Nel 1450 avrebbe dovuto versare a Giovanni di Francesco del Cervelliera, suo discepolo, 40 fiorini ma, chiamato in giudizio, esibì la ricevuta di versamento falsificando la firma dell'allievo. Incarcerati e messi sotto tortura entrambi i pittori, in seguito alla confessione il Lippi venne scarcerato. L'11 settembre 1451 fu di nuovo sotto processo, per aver fatto eseguire alla propria bottega una tavola che il committente aveva richiesto di mano del maestro. Nello stesso anno il Lippi risultò essere proprietario di una casa non lontano dal Carmine. Il 19 maggio 1455, la rettorìa di San Quirico a Legnaia gli fu revocata, sia per la condanna del 1450 sia perché poco sollecito nei suoi doveri.


A Prato, sotto protezione dei Medici (1452-1465)

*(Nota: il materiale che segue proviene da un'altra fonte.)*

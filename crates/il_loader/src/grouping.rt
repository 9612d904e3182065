//! The instructions that words stand for.

ghost use Rattle.std.specs.Prelude.{◌≡◌, ◌++◌, IfOk, OnOk, option_map};
ghost use Rattle.il_model.specs.Codes.{argument_name};
ghost use Rattle.il_loader.specs.Tables.{lines_of, last_line, line_with};

use crate::instance::Instances;
use crate::word::{Content, Word};
use il_model::{Argument, Arguments, BlockKind, Instr, Name, Operand, Side};
use std::alloc::{AllocError, Global};
use std::marker::Model;

/// An instruction whose arguments are still being read.
#[derive(Drop)]
struct OpenLine {
    line: Instr,
    arguments: Vec<Argument>,
}

impl Model for OpenLine {
    ghost use Rattle.il_model.specs.declared.program.Instr.{Instr};

    ghost Value = { Instr };

    ghost view = { λ l. record l.line { arguments = l.arguments.items } };
}

impl OpenLine {
    ghost use Rattle.std.specs.Prelude.{◌≡◌, ◌++◌, [], ◌∷◌, IfOk};

    /// An instruction without arguments so far.
    fn of(alloc: Global, line: Instr) -> OpenLine
        ensures { result ≡ record line { arguments = [] } }
    {
        OpenLine {
            line,
            arguments: Vec::new(alloc),
        }
    }

    /// The operand.
    fn operand(&self) -> &Operand
        ensures { result.now ≡ self.now.operand }
    {
        &self.line.operand
    }

    /// The instruction with an argument behind the others.
    fn with(self, argument: Argument) -> Result<OpenLine, AllocError>
        ensures { IfOk result (λ l. l ≡ record self { arguments = self.arguments ++ argument ∷ [] }) }
    {
        let OpenLine {
            line,
            mut arguments,
        } = self;
        arguments.push(argument)?;
        Ok(OpenLine { line, arguments })
    }

    /// The instruction with all of its arguments.
    fn finished(self) -> Instr
        ensures { result ≡ self }
    {
        let OpenLine { line, arguments } = self;
        Instr {
            arguments: Arguments::of(arguments),
            ..line
        }
    }
}

/// The name of the field with a number; empty where the kind hasn't that field.
fn argument_name(alloc: Global, kind: Option<BlockKind>, n: u8) -> Result<Name, AllocError>
    ensures { IfOk result (λ name. name ≡ argument_name kind n) }
{
    let field = match kind {
        Some(kind) => kind.field(n),
        None => None,
    };
    match field {
        Some(field) => Ok(Name::of(Vec::from_slice(alloc, field.name())?)),
        None => Ok(Name::of(Vec::new(alloc))),
    }
}

/// Puts an argument behind those of the last instruction; where none has begun it is in none.
fn with_argument(
    alloc: Global,
    instances: &Instances,
    last: Option<OpenLine>,
    side: Side,
    number: u8,
    operand: Operand,
) -> Result<Option<OpenLine>, AllocError>
    ensures { IfOk result (λ o. o ≡ option_map (line_with instances.now side number operand) last) }
{
    let Some(line) = last else {
        return Ok(None);
    };
    let kind = instances.called_kind(line.operand());
    let field = argument_name(alloc, kind, number)?;
    let argument = Argument {
        field,
        side,
        operand,
    };
    Ok(Some(line.with(argument)?))
}

/// Puts the last instruction, if one has begun, behind the others.
fn put_last(lines: &mut Vec<Instr>, last: Option<OpenLine>) -> Result<(), AllocError>
    ensures { OnOk result (lines.new.items ≡ lines.old.items ++ last_line last) }
{
    if let Some(line) = last {
        lines.push(line.finished())?;
    }
    Ok(())
}

/// The instructions of the words, each with the arguments behind it.
pub fn lines_of(
    alloc: Global,
    instances: &Instances,
    words: Vec<Word>,
) -> Result<Vec<Instr>, AllocError>
    ensures { IfOk result (λ v. v.items ≡ lines_of instances.now words.items) }
{
    let mut lines = Vec::new(alloc);
    let mut last = None;
    for word in words {
        match word.content {
            Content::Instruction(line) => {
                put_last(&mut lines, last)?;
                last = Some(OpenLine::of(alloc, line));
            }
            Content::Argument(side, number, operand) => {
                last = with_argument(alloc, instances, last, side, number, operand)?;
            }
        }
    }
    put_last(&mut lines, last)?;
    Ok(lines)
}
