//! Words as they are read.

use il_model::{Instr, Operand, Side};

/// What a word says.
#[derive(Drop)]
pub enum Content {
    /// An instruction, still without its arguments.
    Instruction(Instr),
    /// An argument of the call before it: the number of its field, and its operand.
    Argument(Side, u8, Operand),
}

/// A word, and the number that stood for its operand.
#[derive(Drop)]
pub struct Word {
    pub content: Content,
    pub code: u16,
}
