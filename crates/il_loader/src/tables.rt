//! The tables of an image as a whole.

ghost use Rattle.std.specs.Prelude.{◌≡◌};
ghost use Rattle.il_loader.specs.Reading.{bodies_at, tables_at};
ghost use Rattle.il_records.specs.Fields.{Gives};

use crate::declared::{Declared, SymbolTables};
use crate::instance::Instances;
use crate::label::Labels;
use crate::reading::{constants_of, instances_of, labels_of, variables_of, words_of};
use crate::variable::Variables;
use crate::word::Word;
use il_model::{Constants, Version};
use il_records::{Counts, LoadError, LoadFault, agrees, header_at};
use std::alloc::Global;
use std::marker::Model;

/// The tables of an image, as they were read.
#[derive(Drop)]
pub struct ReadTables<'a> {
    pub version: Version,
    pub variables: Variables<'a>,
    pub instances: Instances<'a>,
    pub labels: Labels<'a>,
    pub constants: Constants,
    pub words: Vec<Word>,
}

impl<'a> Model for ReadTables<'a> {
    ghost use Rattle.il_loader.specs.Tables.{Tables};

    ghost Value = { Tables };

    ghost view = { λ t. record {
      version = t.version;
      variables = t.variables;
      instances = t.instances;
      labels = t.labels;
      constants = t.constants;
      words = t.words.items;
    } };
}

#[tactic(auto, unfolding(crate::specs::Reading::bodies_at))]
fn bodies_at<'a>(
    alloc: Global,
    version: Version,
    total: usize,
    counts: Counts,
    bytes: &'a [u8],
) -> Result<ReadTables<'a>, LoadError>
    ensures { Gives (λ t. t) result (bodies_at version total counts bytes.entry.now) }
{
    let (variables, rest) = variables_of(alloc, version, total, counts.variables, bytes)?;
    let (instances, rest) = instances_of(
        alloc,
        version,
        total,
        &variables,
        counts.instances,
        rest,
    )?;
    let (labels, rest) = labels_of(alloc, version, total, counts.labels, rest)?;
    let (constants, rest) = constants_of(alloc, version, total, counts.constants, rest)?;
    let tables = SymbolTables {
        version,
        declared: &Declared::of(&variables, &instances),
        labels: &labels,
        constants: constants.values(),
    };
    let (words, rest) = words_of(alloc, total, &tables, counts.words, rest)?;
    agrees(LoadFault::Trailing, rest.len() == 0)?;
    Ok(ReadTables {
        version,
        variables,
        instances,
        labels,
        constants,
        words,
    })
}

/// The tables of an image, behind which nothing stands.
#[tactic(auto, unfolding(crate::specs::Reading::tables_at))]
pub fn tables_at<'a>(alloc: Global, bytes: &'a [u8]) -> Result<ReadTables<'a>, LoadError>
    ensures { Gives (λ t. t) result (tables_at bytes.entry.now) }
{
    let (version, counts, rest) = header_at(bytes)?;
    bodies_at(alloc, version, bytes.len(), counts, rest)
}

Prato è nel mondo la città che conserva il nucleo più ricco e importante di opere di fra’ Filippo Lippi.[1] Il comune di Prato stanziò nel 1452 per gli affreschi della cappella Maggiore di Santo Stefano e la vetrata la somma di 1.200 fiorini. Dopo aver ricevuto nel marzo dello stesso anno il rifiuto dell'Angelico, si decise di affidare l'incarico al Lippi, che accettò e si recò nella città vicino Firenze. Gli affreschi vennero completati tredici anni dopo, nel 1465 fra interruzioni, richieste di denaro, solleciti, fughe e rinegoziazioni del contratto.
Nel frattempo dipinse molte altre opere. Per l'Opera Pia fondata da Francesco Datini fece la tavola detta Madonna del Ceppo oggi conservata al Museo Civico di Prato; per il preposto Geminiano Inghirami le Esequie di san Girolamo; per il convento di Annalena a Firenze il Tondo Cook e l'Adorazione del Bambino di Annalena; una pala per Alfonso I d'Aragona, commissionata da Giovanni de' Medici, di cui rimangono solo due pannelli laterali; le vele della volta sopra la tomba di Geminiano Inghirami nella chiesa pratese di San Francesco (perdute); l'Adorazione del Bambino di Camaldoli per la cella della famiglia Medici all'interno dell'Eremo.
La cosiddetta Lippina fu un "prototipo" per le successive rappresentazioni della Vergine col Bambino. A questo periodo, risalgono anche le quattro tavole con la Vergine Annunziata, Angelo annunziante, Sant'Antonio Abate e San Giovanni Battista, probabilmente elementi di arredo ecclesiastico.
Nel 1456, nominato cappellano del convento pratese di Santa Margherita, vi conobbe e si innamorò della monaca Lucrezia Buti, modella di molti suoi dipinti, figlia del fiorentino Francesco Buti e di Caterina Ciacchi. La loro storia d'amore spinse la Buti a lasciare il convento e a stabilirsi nella casa pratese dell'artista acquistata nel 1455; solamente nel 1461 il papa Pio II, grazie all'intercessione di Cosimo de' Medici, sciolse dai voti il Lippi e la Buti, regolarizzando la loro posizione, anche se il Lippi si rifiutò di maritarsi. I due ebbero due figli: Filippino Lippi nel 1457 e, nel 1465, Alessandra.
Tra il 1458 e il 1460 Filippo lavorò alla coppia di lunette con la Annunciazione e i Sette santi per palazzo Medici. Sempre dello stesso periodo è l'Adorazione del Bambino di palazzo Medici, per l'altare della Cappella dei Magi. Forse in occasione della nascita di Lorenzo il Magnifico (1449), realizzatò il Tondo Cook, iniziato da Beato Angelico, forse con Benozzo Gozzoli.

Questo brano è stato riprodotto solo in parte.